= Coronation Hill =

Area in Kakadu National Park, Northern Territory, Australia

Coronation Hill is a sandstone outcrop within Kakadu National Park in the Northern Territory of Australia.

The area had been briefly mined for uranium at El Sherana in the 1950s and in 1988 proposals for new mining of gold were made.

When mining was proposed in 1988 the area existed as an excised zone of Kakadu National Park and was added to it after the proposal was defeated.

==Political importance==

The Australian Government established the Resource Assessment Commission to provide a report to inform best decision making about new mining in the area.

Environmental, indigenous rights and social campaigns fought against allowing mining.
Opposed environmental campaigns came from many organisations including the Kakadu Action Group founded by Lindsay Mollison, part of the Australian Conservation Foundation.

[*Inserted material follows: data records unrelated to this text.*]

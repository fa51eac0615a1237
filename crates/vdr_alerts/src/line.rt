// How lines of supervision begin, and words for what is left out.
ghost use Rattle.std.specs.Prelude.{◌≡◌, ◌≤◌, ◌++◌, ◌∷◌, [], codes, OnOk, option_copied};
ghost use Rattle.std.specs.Io.KnownBytes.{Appends};
ghost use Rattle.std.specs.List.{concat, flat_map};
ghost use Rattle.vdr_outside.specs.Causes.{HasCause};
ghost use Rattle.vdr_outside.specs.Writes.{AppendsFront};
ghost use Rattle.vdr_alerts.specs.Lines.{front_text, letter_text, raw_text};

use crate::mark::Mark;
use arrayvec::ArrayVec;
use itoa::Buffer;
use vdr_entry::write_utc;
use vdr_outside::{Failed, Sink, write_all};
use vdr_play::print_escaped;
use vdr_terms::group_name;

/// What is printed for what a sentence leaves out.
pub const NONE: &[u8] = b"null";

// Writes the pieces one behind the other.
fn write_pieces<O: Sink>(pieces: &[&[u8]], out: &mut O) -> Result<(), Failed>
    ensures all { OnOk result (Appends (O.taken out.old) (O.taken out.new) (flat_map (λ piece. piece.now) pieces.now)) }
    ensures front { AppendsFront (O.taken out.old) (O.taken out.new) (flat_map (λ piece. piece.now) pieces.now) }
    ensures cause { HasCause (O.faults out.old) (O.faults out.new) result }
{
    for piece in pieces {
        write_all(out, piece)?;
    }
    Ok(())
}

// The pieces are arguments of their own, so that they stand at one lifetime.
fn print_words<O: Sink>(
    place: &[u8],
    utc: &[u8],
    word: &[u8],
    group: &[u8],
    name: &[u8],
    out: &mut O,
) -> Result<(), Failed>
    ensures all { OnOk result (Appends (O.taken out.old) (O.taken out.new) (concat (place.now ∷ codes " " ∷ utc.now ∷ word.now ∷ group.now ∷ codes " " ∷ name.now ∷ codes " " ∷ []))) }
    ensures front { AppendsFront (O.taken out.old) (O.taken out.new) (concat (place.now ∷ codes " " ∷ utc.now ∷ word.now ∷ group.now ∷ codes " " ∷ name.now ∷ codes " " ∷ [])) }
    ensures cause { HasCause (O.faults out.old) (O.faults out.new) result }
{
    write_pieces(&[place, b" ", utc, word, group, b" ", name, b" "], out)
}

/// Prints the place, the stamp, the word, the source and what is told of it. The word stands between spaces of its own. Where a write fails,
/// a front of this is written.
pub fn print_line<O: Sink>(
    mark: &Mark,
    word: &[u8],
    group: u8,
    name: &[u8],
    told: &[&[u8]],
    out: &mut O,
) -> Result<(), Failed>
    requires { group ≤ 15 }
    ensures all { OnOk result (Appends (O.taken out.old) (O.taken out.new) (front_text mark.now word.now (record { group = group; name = name.now }) ++ flat_map (λ piece. piece.now) told.now)) }
    ensures front { AppendsFront (O.taken out.old) (O.taken out.new) (front_text mark.now word.now (record { group = group; name = name.now }) ++ flat_map (λ piece. piece.now) told.now) }
    ensures cause { HasCause (O.faults out.old) (O.faults out.new) result }
{
    let mut place = Buffer::new();
    let mut utc = ArrayVec::new();
    write_utc(mark.utc, &mut utc);
    let place = place.format(mark.place).as_bytes();
    print_words(
        place,
        utc.as_slice(),
        word,
        group_name(group).as_bytes(),
        name,
        out,
    )?;
    write_pieces(told, out)
}

/// The letter, or `null`.
pub fn letter_text(letter: Option<u8>) -> ArrayVec<u8, 4>
    ensures { result.items ≡ letter_text letter }
{
    let mut text = ArrayVec::new();
    match letter {
        Some(letter) => text.push(letter),
        None => {
            let _ = text.try_extend_from_slice(NONE);
        }
    }
    text
}

/// Prints a text as a payload is escaped, or `null`. Where a write fails, a front of this is written.
pub fn print_text<O: Sink>(text: Option<&[u8]>, out: &mut O) -> Result<(), Failed>
    ensures all { OnOk result (Appends (O.taken out.old) (O.taken out.new) (raw_text (option_copied text.entry))) }
    ensures front { AppendsFront (O.taken out.old) (O.taken out.new) (raw_text (option_copied text.entry)) }
    ensures cause { HasCause (O.faults out.old) (O.faults out.new) result }
{
    match text {
        Some(text) => print_escaped(text, out),
        None => write_all(out, NONE),
    }
}
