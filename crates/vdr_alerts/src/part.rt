// One of the sentences that an alert, or a list of alerts, comes in.
ghost use Rattle.std.specs.Prelude.{◌≡◌, if◌then◌else◌, option_copied};
ghost use Rattle.vdr_alerts.specs.Alerts.{alert_in, alert_told, as_kept, first_of, follows, is_led, is_next, is_whole, part_cmp, rest_told, text_in, title_told};

use crate::alert::Alert;
use arrayvec::ArrayVec;
use std::cmp::Ordering;
use std::marker::Model;

/// One of so many sentences.
#[derive(Drop)]
pub struct Part {
    pub(crate) group: u8,
    pub(crate) name: ArrayVec<u8, 15>,
    /// The sequential identifier.
    pub(crate) sequence: Option<u32>,
    /// The code of the TAG group.
    pub(crate) code: Option<u32>,
    pub(crate) total: u32,
    /// From 1 to `total`. 0 where one before it is not there.
    pub(crate) number: u32,
    pub(crate) alert: Option<Alert>,
    pub(crate) text: ArrayVec<u8, 76>,
}

impl Model for Part {
    ghost use Rattle.std.specs.Prelude.{◌≤◌};
    ghost use Rattle.vdr_alerts.specs.Alerts.{Part as APart};

    ghost Value = { APart };

    ghost view = { λ p. record {
      source = record { group = p.group; name = p.name.items };
      sequence = p.sequence;
      code = p.code;
      total = p.total;
      number = p.number;
      alert = p.alert;
      text = p.text.items;
    } };

    ghost invariant = { λ p. p.group ≤ 15 };
}

fn own_alert(alert: &Option<Alert>) -> Option<Alert>
    ensures { result ≡ alert.now }
{
    match alert {
        Some(alert) => Some(alert.copied()),
        None => None,
    }
}

fn alert_in(part: Option<&Part>) -> Option<Alert>
    ensures { result ≡ alert_in (option_copied part.entry) }
{
    match part {
        Some(part) => own_alert(&part.alert),
        None => None,
    }
}

fn text_in(part: Option<&Part>) -> &[u8]
    ensures { result.now ≡ text_in (option_copied part.entry) }
{
    match part {
        Some(part) => part.text.as_slice(),
        None => b"",
    }
}

impl Part {
    /// How it stands to another one, by group, source and sequential identifier.
    pub(crate) fn order(&self, other: &Part) -> Ordering
        ensures { result ≡ part_cmp self.now other.now }
    {
        self.group
            .cmp(&other.group)
            .then(self.name.as_slice().cmp(&other.name.as_slice()))
            .then(self.sequence.cmp(&other.sequence))
    }

    // Whether the other one comes next.
    fn is_next(&self, next: &Part) -> bool
        ensures { result ≡ is_next self.now next.now }
    {
        self.code == next.code
            && self.total == next.total
            && self.number > 0
            && u64::from(next.number) == u64::from(self.number) + 1
    }

    // Whether it comes next behind this one.
    fn follows(&self, before: Option<&Part>) -> bool
        ensures { result ≡ follows (option_copied before.entry) self.now }
    {
        match before {
            Some(before) => before.is_next(self),
            None => false,
        }
    }

    // Whether all sentences before it are there.
    fn is_led(&self, before: Option<&Part>) -> bool
        ensures { result ≡ is_led (option_copied before.entry) self.now }
    {
        self.number == 1 || self.follows(before)
    }

    /// Whether it is the last one, and all are there.
    pub(crate) fn is_whole(&self, before: Option<&Part>) -> bool
        ensures { result ≡ is_whole (option_copied before.entry) self.now }
    {
        self.is_led(before) && self.number == self.total
    }

    // The first sentence, where this is the last one of two.
    fn first<'p>(&'p self, before: Option<&'p Part>) -> Option<&'p Part>
        ensures { option_copied result ≡ first_of (option_copied before.entry) self.now }
    {
        if self.number == 1 { Some(self) } else { before }
    }

    /// The alert that is told once this sentence is there.
    pub(crate) fn alert_told(&self, before: Option<&Part>) -> Option<Alert>
        ensures { result ≡ alert_told (option_copied before.entry) self.now }
    {
        if self.is_whole(before) {
            alert_in(self.first(before))
        } else {
            None
        }
    }

    /// The text of the first sentence.
    pub(crate) fn title<'p>(&'p self, before: Option<&'p Part>) -> &'p [u8]
        ensures { result.now ≡ title_told (option_copied before.entry) self.now }
    {
        text_in(self.first(before))
    }

    /// The text of the second sentence.
    pub(crate) fn rest(&self) -> &[u8]
        ensures { result.now ≡ rest_told self.now }
    {
        if self.number == 1 {
            b""
        } else {
            self.text.as_slice()
        }
    }

    /// What is kept of it.
    pub(crate) fn kept(self, led: bool) -> Part
        ensures { result ≡ record self { number = if led then self.number else 0 } }
    {
        Part {
            group: self.group,
            name: self.name,
            sequence: self.sequence,
            code: self.code,
            total: self.total,
            number: if led { self.number } else { 0 },
            alert: self.alert,
            text: self.text,
        }
    }
}

/// What is kept of a sentence behind the one before it.
pub(crate) fn as_kept(before: Option<&Part>, part: Part) -> Part
    ensures { result ≡ as_kept (option_copied before.entry) part }
{
    let led = part.is_led(before);
    part.kept(led)
}
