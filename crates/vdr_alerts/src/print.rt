// The lines of alerts.
ghost use Rattle.std.specs.Prelude.{◌≡◌, ◌++◌, ◌==◌, codes, length, if◌then◌else◌, OnOk, option_copied};
ghost use Rattle.std.specs.Io.KnownBytes.{Appends};
ghost use Rattle.std.specs.List.{flat_map};
ghost use Rattle.vdr_entry.specs.Escape.{escaped};
ghost use Rattle.vdr_outside.specs.Causes.{HasCause};
ghost use Rattle.vdr_outside.specs.Writes.{AppendsFront};
ghost use Rattle.vdr_alerts.specs.Lines.{letter_text};
ghost use Rattle.vdr_alerts.specs.Boards.{alert_front, alert_line, change_text, gone_text, number_text, texts_text};

use crate::alert::Alert;
use crate::line::{NONE, letter_text, print_line};
use crate::mark::Mark;
use crate::part::Part;
use arrayvec::ArrayVec;
use itoa::Buffer;
use vdr_outside::{Failed, Sink, write_all};
use vdr_play::print_escaped;
use vdr_values::Reading;

fn number_text(number: Option<u64>) -> ArrayVec<u8, 20>
    ensures { result.items ≡ number_text number }
{
    let mut text = ArrayVec::new();
    let mut buffer = Buffer::new();
    let _ = match number {
        Some(number) => text.try_extend_from_slice(buffer.format(number).as_bytes()),
        None => text.try_extend_from_slice(NONE),
    };
    text
}

// Prints what stands before the text.
fn print_front<O: Sink>(mark: &Mark, alert: &Alert, state: &[u8], out: &mut O) -> Result<(), Failed>
    ensures all { OnOk result (Appends (O.taken out.old) (O.taken out.new) (alert_front mark.now alert.now state.now)) }
    ensures front { AppendsFront (O.taken out.old) (O.taken out.new) (alert_front mark.now alert.now state.now) }
    ensures cause { HasCause (O.faults out.old) (O.faults out.new) result }
{
    let mut number = Buffer::new();
    let number = number.format(alert.number).as_bytes();
    let (instance, priority) = (number_text(alert.instance), letter_text(alert.priority));
    let told = [
        alert.maker.as_slice(),
        number,
        b" ",
        instance.as_slice(),
        b" ",
        priority.as_slice(),
        b" ",
        state,
        b" ",
    ];
    print_line(
        mark,
        b" alert ",
        alert.group,
        alert.name.as_slice(),
        &told,
        out,
    )
}

fn print_both<O: Sink>(title: &[u8], rest: &[u8], out: &mut O) -> Result<(), Failed>
    ensures all { OnOk result (Appends (O.taken out.old) (O.taken out.new) (escaped title.now ++ (codes " " ++ escaped rest.now))) }
    ensures front { AppendsFront (O.taken out.old) (O.taken out.new) (escaped title.now ++ (codes " " ++ escaped rest.now)) }
    ensures cause { HasCause (O.faults out.old) (O.faults out.new) result }
{
    print_escaped(title, out)?;
    write_all(out, b" ")?;
    print_escaped(rest, out)
}

// Prints a text, or `null`.
fn print_title<O: Sink>(title: &[u8], out: &mut O) -> Result<(), Failed>
    ensures all { OnOk result (Appends (O.taken out.old) (O.taken out.new) (if length title.now == 0 then codes "null" else escaped title.now)) }
    ensures front { AppendsFront (O.taken out.old) (O.taken out.new) (if length title.now == 0 then codes "null" else escaped title.now) }
    ensures cause { HasCause (O.faults out.old) (O.faults out.new) result }
{
    if title.is_empty() {
        return write_all(out, NONE);
    }
    print_escaped(title, out)
}

fn print_texts<O: Sink>(title: &[u8], rest: &[u8], out: &mut O) -> Result<(), Failed>
    ensures all { OnOk result (Appends (O.taken out.old) (O.taken out.new) (texts_text title.now rest.now)) }
    ensures front { AppendsFront (O.taken out.old) (O.taken out.new) (texts_text title.now rest.now) }
    ensures cause { HasCause (O.faults out.old) (O.faults out.new) result }
{
    if rest.is_empty() {
        return print_title(title, out);
    }
    if title.is_empty() {
        return print_escaped(rest, out);
    }
    print_both(title, rest, out)
}

// Prints what stands before the text of an alert that is told.
fn print_state<O: Sink>(mark: &Mark, alert: &Alert, out: &mut O) -> Result<(), Failed>
    ensures all { OnOk result (Appends (O.taken out.old) (O.taken out.new) (alert_front mark.now alert.now (letter_text alert.now.state))) }
    ensures front { AppendsFront (O.taken out.old) (O.taken out.new) (alert_front mark.now alert.now (letter_text alert.now.state)) }
    ensures cause { HasCause (O.faults out.old) (O.faults out.new) result }
{
    let state = letter_text(alert.state);
    print_front(mark, alert, state.as_slice(), out)
}

fn print_alert_line<O: Sink>(
    mark: &Mark,
    alert: &Alert,
    title: &[u8],
    rest: &[u8],
    out: &mut O,
) -> Result<(), Failed>
    ensures all { OnOk result (Appends (O.taken out.old) (O.taken out.new) (alert_line mark.now alert.now title.now rest.now)) }
    ensures front { AppendsFront (O.taken out.old) (O.taken out.new) (alert_line mark.now alert.now title.now rest.now) }
    ensures cause { HasCause (O.faults out.old) (O.faults out.new) result }
{
    print_state(mark, alert, out)?;
    print_texts(title, rest, out)?;
    write_all(out, b"\n")
}

/// Tells the state of an alert, unless its priority and its state are those that were told last.
pub(crate) fn print_change<O: Sink>(
    mark: &Mark,
    before: Option<&Alert>,
    alert: &Alert,
    title: &[u8],
    rest: &[u8],
    out: &mut O,
) -> Result<(), Failed>
    ensures all { OnOk result (Appends (O.taken out.old) (O.taken out.new) (change_text mark.now (option_copied before.entry) alert.now title.now rest.now)) }
    ensures front { AppendsFront (O.taken out.old) (O.taken out.new) (change_text mark.now (option_copied before.entry) alert.now title.now rest.now) }
    ensures cause { HasCause (O.faults out.old) (O.faults out.new) result }
{
    match before {
        Some(before) if before.is_known(alert) => Ok(()),
        _ => print_alert_line(mark, alert, title, rest, out),
    }
}

fn print_gone_line<O: Sink>(mark: &Mark, alert: &Alert, out: &mut O) -> Result<(), Failed>
    ensures all { OnOk result (Appends (O.taken out.old) (O.taken out.new) (alert_front mark.now alert.now (codes "gone") ++ codes "null\n")) }
    ensures front { AppendsFront (O.taken out.old) (O.taken out.new) (alert_front mark.now alert.now (codes "gone") ++ codes "null\n") }
    ensures cause { HasCause (O.faults out.old) (O.faults out.new) result }
{
    print_front(mark, alert, b"gone", out)?;
    write_all(out, b"null\n")
}

fn print_if_gone<O: Sink>(
    mark: &Mark,
    is_ended: bool,
    part: &Part,
    reading: &Reading<'_>,
    alert: &Alert,
    out: &mut O,
) -> Result<(), Failed>
    ensures all { OnOk result (Appends (O.taken out.old) (O.taken out.new) (gone_text mark.now is_ended part.now reading.now.values alert.now)) }
    ensures front { AppendsFront (O.taken out.old) (O.taken out.new) (gone_text mark.now is_ended part.now reading.now.values alert.now) }
    ensures cause { HasCause (O.faults out.old) (O.faults out.new) result }
{
    if !alert.leaves(is_ended, part, reading) {
        return Ok(());
    }
    print_gone_line(mark, alert, out)
}

/// Tells each alert that stood and is in its source's list no more.
pub(crate) fn print_gone<O: Sink>(
    mark: &Mark,
    is_ended: bool,
    part: &Part,
    reading: &Reading<'_>,
    alerts: &[Alert],
    out: &mut O,
) -> Result<(), Failed>
    ensures all { OnOk result (Appends (O.taken out.old) (O.taken out.new) (flat_map (gone_text mark.now is_ended part.now reading.now.values) alerts.now)) }
    ensures front { AppendsFront (O.taken out.old) (O.taken out.new) (flat_map (gone_text mark.now is_ended part.now reading.now.values) alerts.now) }
    ensures cause { HasCause (O.faults out.old) (O.faults out.new) result }
{
    for alert in alerts {
        print_if_gone(mark, is_ended, part, reading, alert, out)?;
    }
    Ok(())
}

After some years of community debate the proposal was vetoed, despite internal disagreement, by then Prime Minister, Bob Hawke, in a Cabinet Meeting in May 1991. His actions in Cabinet that day were regarded as some as important in his ultimately being replaced later that year.

The area was added to the park as part of its stage 3 inclusions.

The decisions made with respect to Coronation Hill helped inform further decisions about other proposals to mine in Kakadu including rejection of a uranium mine at Jabiluka in the mid 1990s.